Definitive diagnosis and treatment

An abdominal ultrasonographic examination revealed an enlarged right adrenal gland measuring 1.23 x 1.48 cm. The left adrenal gland was visualized and measured 3.2 mm (normal width) in a dorsoventral plane. The kidney size and architecture appeared normal, with no evidence of renal pelvic or ureteral dilatation. The liver, spleen, gastrointestinal tract, and urinary bladder appeared normal ultrasonographically. No enlarged mesenteric lymph nodes were seen, and the remainder of the study findings were unremarkable.

Spironolactone (1.5 mg/kg orally every 12 hours) was added to the treatment plan. The dose of potassium gluconate was increased to 4 mEq given orally every eight hours because the potassium concentration was rechecked and remained below the reference range. Serial recheck electrolyte profiles revealed progressively increasing potassium concentrations. The cat's generalized weakness improved along with resolution of the cervical ventroflexion. The resting plasma aldosterone concentration (PAC) was > 3,864 pmol/L (reference range = 194 to 388 pmol/L). This value, along with the ultrasonographic findings and interpretation of minimum database diagnostics excluding other differentials for hypokalemia and hypertension, confirmed a diagnosis of hyperaldosteronism.

Surgical excision of the adrenal mass was recommended to the owners, but it was declined because of financial considerations. Medical management was implemented.

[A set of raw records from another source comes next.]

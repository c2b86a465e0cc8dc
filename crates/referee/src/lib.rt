// A second judge of history files, to hold the first one against. It keeps maps of its own and finds dependence as the
// closure of a matrix; with the first judge it shares the reading of a record and no other code.
#![tactic(auto)]

pub mod matrix;
pub mod opinion;
pub mod second;
pub mod tables;

pub use opinion::{Cause, Letters, Opinion, Refusal, UnknownNumber};
pub use second::second_judge;

#[cfg(test)]
mod tests;
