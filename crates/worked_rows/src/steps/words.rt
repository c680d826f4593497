//! The steps of a script of lives, and their words.
use hazard_types::{
    Cause, End, Flood, Line, Minute, Period, Row, Severity, Status, Zone, actions, find,
    parse_event, parse_stamp, parse_time, parse_zone,
};
use std::str::SplitWhitespace;

/// The error of a line that is no step.
#[derive(Clone, Copy, Debug, PartialEq, Eq)]
pub struct Unread;

/// A step of the script.
#[derive(Clone, Copy, Debug)]
pub enum Step {
    /// Removes all rows.
    Clear,
    /// Sets the minute of the products.
    At(Minute),
    /// Puts a row.
    Stand(Row),
    /// Prints what a line would leave.
    Judge(Line),
    /// Prints what a line leaves, and puts the row of its life, if the line is lawful.
    Take(Line),
}

/// Returns the value in `found`, or errs with `Unread` if it is `None`.
fn known<T>(found: Option<T>) -> Result<T, Unread> {
    found.ok_or(Unread)
}

/// Returns the next of the words, or errs with `Unread` if there is none left.
fn next_word<'a>(words: &mut SplitWhitespace<'a>) -> Result<&'a str, Unread> {
    known(words.next())
}

/// Returns the flood values of severity 1 (minor), cause ER and status NO at a location, without
/// times, or `None` if its code has not five bytes.
fn flood_at(location: &str) -> Option<Flood> {
    let [a, b, c, d, e] = location.as_bytes() else {
        return None;
    };
    Some(Flood {
        site: [*a, *b, *c, *d, *e],
        severity: Severity::One,
        cause: Cause::new(*b"ER")?,
        begin: None,
        crest: None,
        end: None,
        status: Status::No,
    })
}

/// Returns the flood values at the location whose code is the word, or `Ok(None)` if there is no
/// word. Errs with `Unread` if the word has not five bytes.
fn flood_of(word: Option<&str>) -> Result<Option<Flood>, Unread> {
    match word {
        None => Ok(None),
        Some(word) => Ok(Some(known(flood_at(word))?)),
    }
}

/// Returns the minute of a stamp such as `180103T1530Z` (UTC), or `Ok(None)` for the zeros
/// `000000T0000Z`. Errs with `Unread` if the word is neither.
fn time_of(word: &str) -> Result<Option<Minute>, Unread> {
    known(parse_time(word.as_bytes()))
}

/// Returns the end that a word gives, a stamp such as `180103T1530Z`, or the zeros `000000T0000Z`
/// for until further notice. Errs with `Unread` if the word is neither.
fn end_of(word: &str) -> Result<End, Unread> {
    match time_of(word)? {
        Some(minute) => Ok(End::At(minute)),
        None => Ok(End::Ufn),
    }
}

/// Returns the minute of a stamp such as `180103T1530Z` (UTC), or errs with `Unread` if the word is
/// no stamp.
fn minute_of(word: &str) -> Result<Minute, Unread> {
    known(parse_stamp(word.as_bytes()))
}

/// Returns the zone that a word such as `MDZ003` is, or errs with `Unread` if the word has another
/// form.
fn zone_of(word: &str) -> Result<Zone, Unread> {
    known(parse_zone(word.as_bytes()))
}

/// Returns the row of the next words `ZONE EVENT BEGIN END`, then the location of its flood values,
/// if any; `ended` says whether a line has ended it. END is zeros for until further notice. Errs
/// with `Unread` if a word is missing or cannot be read.
fn row_of(words: &mut SplitWhitespace<'_>, ended: bool) -> Result<Row, Unread> {
    let zone = zone_of(next_word(words)?)?;
    let event = known(parse_event(next_word(words)?.as_bytes()))?;
    let begin = minute_of(next_word(words)?)?;
    let end = end_of(next_word(words)?)?;
    let flood = flood_of(words.next())?;
    Ok(Row {
        event,
        zone,
        period: Period { begin, end },
        flood,
        ended,
    })
}

/// Returns the line of the next words `ACTION ZONE EVENT BEGIN END`, then the location of its flood
/// values, if any. A begin that has passed and an end until further notice are zeros, as in a
/// P-VTEC string. Errs with `Unread` if a word is missing or cannot be read.
fn line_of(words: &mut SplitWhitespace<'_>) -> Result<Line, Unread> {
    let action = known(find(&actions(), next_word(words)?.as_bytes()))?;
    let zone = zone_of(next_word(words)?)?;
    let event = known(parse_event(next_word(words)?.as_bytes()))?;
    let begin = time_of(next_word(words)?)?;
    let end = end_of(next_word(words)?)?;
    let flood = flood_of(words.next())?;
    Ok(Line {
        action,
        event,
        zone,
        begin,
        end,
        flood,
    })
}

/// Returns the step that the next of the words names (`clear`, `at`, `row`, `ended`, `judge` or
/// `step`), with the words after it that the step has. Errs with `Unread` if the word is none of
/// these names, or a word of the step is missing or cannot be read. Words behind those of the step
/// are left.
fn read_step(words: &mut SplitWhitespace<'_>) -> Result<Step, Unread> {
    match next_word(words)? {
        "clear" => Ok(Step::Clear),
        "at" => Ok(Step::At(minute_of(next_word(words)?)?)),
        "row" => Ok(Step::Stand(row_of(words, false)?)),
        "ended" => Ok(Step::Stand(row_of(words, true)?)),
        "judge" => Ok(Step::Judge(line_of(words)?)),
        "step" => Ok(Step::Take(line_of(words)?)),
        _ => Err(Unread),
    }
}

/// Returns the step that a line is: its name (`clear`, `at`, `row`, `ended`, `judge` or `step`) and
/// then its words, as `at 180103T1530Z`. White space is between them.
///
/// # Errors
///
/// The line is no step, or has more words than its step.
pub fn step_of(line: &str) -> Result<Step, Unread> {
    let mut words = line.split_whitespace();
    let step = read_step(&mut words)?;
    if words.next().is_some() {
        return Err(Unread);
    }
    Ok(step)
}
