//! The script of lives.
ghost use Rattle.std.specs.Prelude.{◌≡◌, Some, None, ◌||◌, not, if◌then◌else◌};
ghost use Rattle.event_life.specs.Higher.{may_yield};
ghost use Rattle.event_life.specs.Products.{is_routine, is_overlapped, row_at, life_at, around_but_higher};
ghost use Rattle.event_life.specs.Table.{step};

use crate::steps::answers::answer_text;
use crate::steps::words::{Step, step_of};
use event_life::{Breach, Life, around, has_higher, is_routine, life_at, life_step, put, row_of};
use hazard_types::{Line, Minute, Oom, Row};
use std::alloc::Global;
use worked_lines::Work;

/// The rows, by zone, then event, and the minute at which lines are judged.
#[derive(Drop)]
pub struct Script {
    rows: Vec<Row>,
    minute: Minute,
}

/// Returns the life that a line leaves, or the rule that it breaks, if it is alone in its product
/// at minute `t`; `None` for a routine line, which is not judged. `rows` are those before the
/// product, by zone, then event.
fn stepped(rows: &[Row], t: Minute, line: &Line) -> Option<Result<Life, Breach>>
    ensures { result ≡ (if is_routine line.now.action then None
        else Some (step (life_at rows.now line.now) line.now t
        (around_but_higher rows.now t line.now (not (may_yield line.now.event.hazard)
        || is_overlapped rows.now t (row_at rows.now line.now.event line.now.zone))))) }
{
    if is_routine(&line.action) {
        return None;
    }
    let higher = has_higher(rows, t, rows, line);
    Some(life_step(life_at(rows, line), line, t, around(rows, t, line, higher)))
}

impl Script {
    /// Returns a script without rows, at minute 0.
    pub fn new(alloc: Global) -> Self {
        Script {
            rows: Vec::new(alloc),
            minute: Minute::new(0).unwrap(),
        }
    }

    /// Returns what is printed for a line, alone in a product at the minute of the script: the life
    /// that it leaves, its breach, or `touches no life`. The rows stay as they are.
    fn judge(&self, alloc: Global, line: &Line) -> Result<String, Oom> {
        answer_text(alloc, &stepped(&self.rows, self.minute, line))
    }

    /// Judges a line, alone in a product at the minute of the script, and puts the row of the life
    /// that it leaves, if it breaks no rule. Returns what is printed: the life, the breach, or
    /// `touches no life`.
    fn take(&mut self, alloc: Global, line: &Line) -> Result<String, Oom> {
        let found = stepped(&self.rows, self.minute, line);
        if let Some(Ok(life)) = &found {
            put(&mut self.rows, &row_of(line, life))?;
        }
        answer_text(alloc, &found)
    }

    /// Does a step, and returns what is printed for it: an empty text unless the step judges or
    /// takes a line.
    fn step(&mut self, alloc: Global, step: &Step) -> Result<String, Oom> {
        match step {
            Step::Clear => self.rows.clear(),
            Step::At(minute) => self.minute = *minute,
            Step::Stand(row) => put(&mut self.rows, row)?,
            Step::Judge(line) => return self.judge(alloc, line),
            Step::Take(line) => return self.take(alloc, line),
        }
        Ok(String::new(alloc))
    }
}

impl Work for Script {
    /// Does the step of a line, and returns what is printed for it: `unread: LINE` if it is no
    /// step. A remark, which begins with `#`, and an empty line are returned as they are, with LF.
    fn work(&mut self, alloc: Global, line: &str) -> Result<String, Oom> {
        if line.is_empty() || line.starts_with('#') {
            return Ok(format!(in alloc; "{line}\n")?);
        }
        match step_of(line) {
            Ok(step) => self.step(alloc, &step),
            Err(_unread) => Ok(format!(in alloc; "unread: {line}\n")?),
        }
    }
}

The cat was discharged with amlodipine (0.625 mg orally every 24 hours), spironolactone (6.25 mg orally every 12 hours), amoxicillin trihydrate-clavulanate potassium (62.5 mg total orally every 12 hours for seven days) and potassium gluconate (6 mEq orally every 12 hours).


An initial recheck evaluation 10 days after discharge revealed a potassium concentration of 4.13 mEq/L and a systolic blood pressure of 130 mm Hg. The cat's owner reported improvement in the cat's weakness and lethargy, as well as return of usual jumping behaviors and normal gait and stance. A urine culture sample collected by cystocentesis was repeated after the antibiotics were discontinued, and the results were negative for growth.

Subsequent evaluations were performed every two months, and the cat remained normotensive with normal potassium concentrations. At the time of this manuscript, 19 months after diagnosis, the cat is reported to be doing well.